Making Time for your Hobbies

It is the problem with any hobby, passion even profession; making time to do the things you love. It was easier in earlier days, school and university provided endess hours to follow the callings of our hearts and minds though few people I know - myself included - made "good" use of that time prefering instead to fritter the time away with sleep, drink or teenage lust. As I grow older and personal time seems to be something of a scarce resource I regret not making better use of those endless hours and days.

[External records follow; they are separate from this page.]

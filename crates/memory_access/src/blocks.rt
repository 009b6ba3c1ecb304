ghost use Rattle.std.specs.Prelude.{◌≡◌, ◌<◌};
ghost use Rattle.std.specs.List.{position_from};
ghost use Rattle.memory_access.specs.Blocks.{equal_names, equal_pointers, names, block_bytes};

use byte_block::{BlockName, Byte, MemoryBlock, Ptr};

/// Whether two names are those of one block, or both null.
pub fn is_equal_name(a: BlockName, b: BlockName) -> bool
    ensures { result ≡ equal_names a b }
{
    match (a, b) {
        (BlockName::Null, BlockName::Null) => true,
        (BlockName::Given(i), BlockName::Given(j)) => i == j,
        (BlockName::Local(turn, place), BlockName::Local(other_turn, other_place)) => {
            turn == other_turn && place == other_place
        }
        _ => false,
    }
}

/// Whether two pointers have the same block and the same offset.
pub fn is_equal_pointer(p: Ptr, q: Ptr) -> bool
    ensures { result ≡ equal_pointers p q }
{
    is_equal_name(p.block, q.block) && p.offset == q.offset
}

/// Whether the name is that of the block; null names none.
fn is_named(name: BlockName, block: &MemoryBlock) -> bool
    ensures { result ≡ names name block.now }
{
    match name {
        BlockName::Null => false,
        BlockName::Given(_) | BlockName::Local(..) => is_equal_name(name, block.name),
    }
}

/// The index of the first block that a name names.
pub fn index_named(blocks: &[MemoryBlock], name: BlockName) -> Option<usize>
    ensures { result ≡ position_from (names name) 0 blocks.now }
{
    for (i, block) in blocks.iter().enumerate() {
        if is_named(name, block) {
            return Some(i);
        }
    }
    None
}

/// The bytes of a block: its contents below its size.
pub fn bytes_in(block: &MemoryBlock) -> &[Byte]
    ensures { result.now ≡ block_bytes block.now }
{
    let places = block.places.as_slice();
    if block.size < places.len() as u64 {
        &places[..block.size as usize]
    } else {
        places
    }
}
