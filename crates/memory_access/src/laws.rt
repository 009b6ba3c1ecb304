ghost use Rattle.memory_access.specs.Laws.{BytesHoldNumbers, NumbersHoldBytes, BytesHoldValues, LoadsGiveStores, StoresKeepOthers, StoresKeepFrames, ZerosStay};

/// A number below 256^n is the number of its n bytes.
pub fn bytes_hold_numbers()
    ensures { BytesHoldNumbers }
{}

/// Bytes that are numbers are the bytes of the number that they make.
pub fn numbers_hold_bytes()
    ensures { NumbersHoldBytes }
{}

/// A value that fits an access is the value of the bytes that it is stored as.
pub fn bytes_hold_values()
    ensures { BytesHoldValues }
{}

/// What was stored is loaded, by the same access at the same address.
pub fn loads_give_stores()
    ensures { LoadsGiveStores }
{}

/// A store leaves every byte elsewhere as it was.
pub fn stores_keep_others()
    ensures { StoresKeepOthers }
{}

/// A store keeps each block's name, size, alignment and the length of its contents.
pub fn stores_keep_frames()
    ensures { StoresKeepFrames }
{}

/// A getelementptr whose indices are all 0 gives its base, with `inbounds` or without.
pub fn zeros_stay()
    ensures { ZerosStay }
{}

Those with children know how their needs and desires eat into our personal time; I am not in any way lamenting this fact, my son provides me with endless enjoyment it's just that sometimes at the end of the day; after work and shopping, homework or cooking, toothbrushing and the ever prevalent bedtime argument I find myself slumped somewhate exhausted in an armchair wondering how I could have made more time for personal consequence.

My question to you is how do you make time for the things you love, like photography, something which may or may not be shared amongst those closest to you? Some of the time I photograph my wife's hobby, equestrian show-jumping, which works quite well but other aspects are not so family friendly; the hunting of bugs for macro shots - though a huge hit with my seven year old - requires some finesse and quiet which are not overly child friendly.

Every year seems to pass faster and faster and my pool of self-time seems to be drying up; what to do ... what do you do?

© Published at 08:09 ( 6 comments / 250 visits )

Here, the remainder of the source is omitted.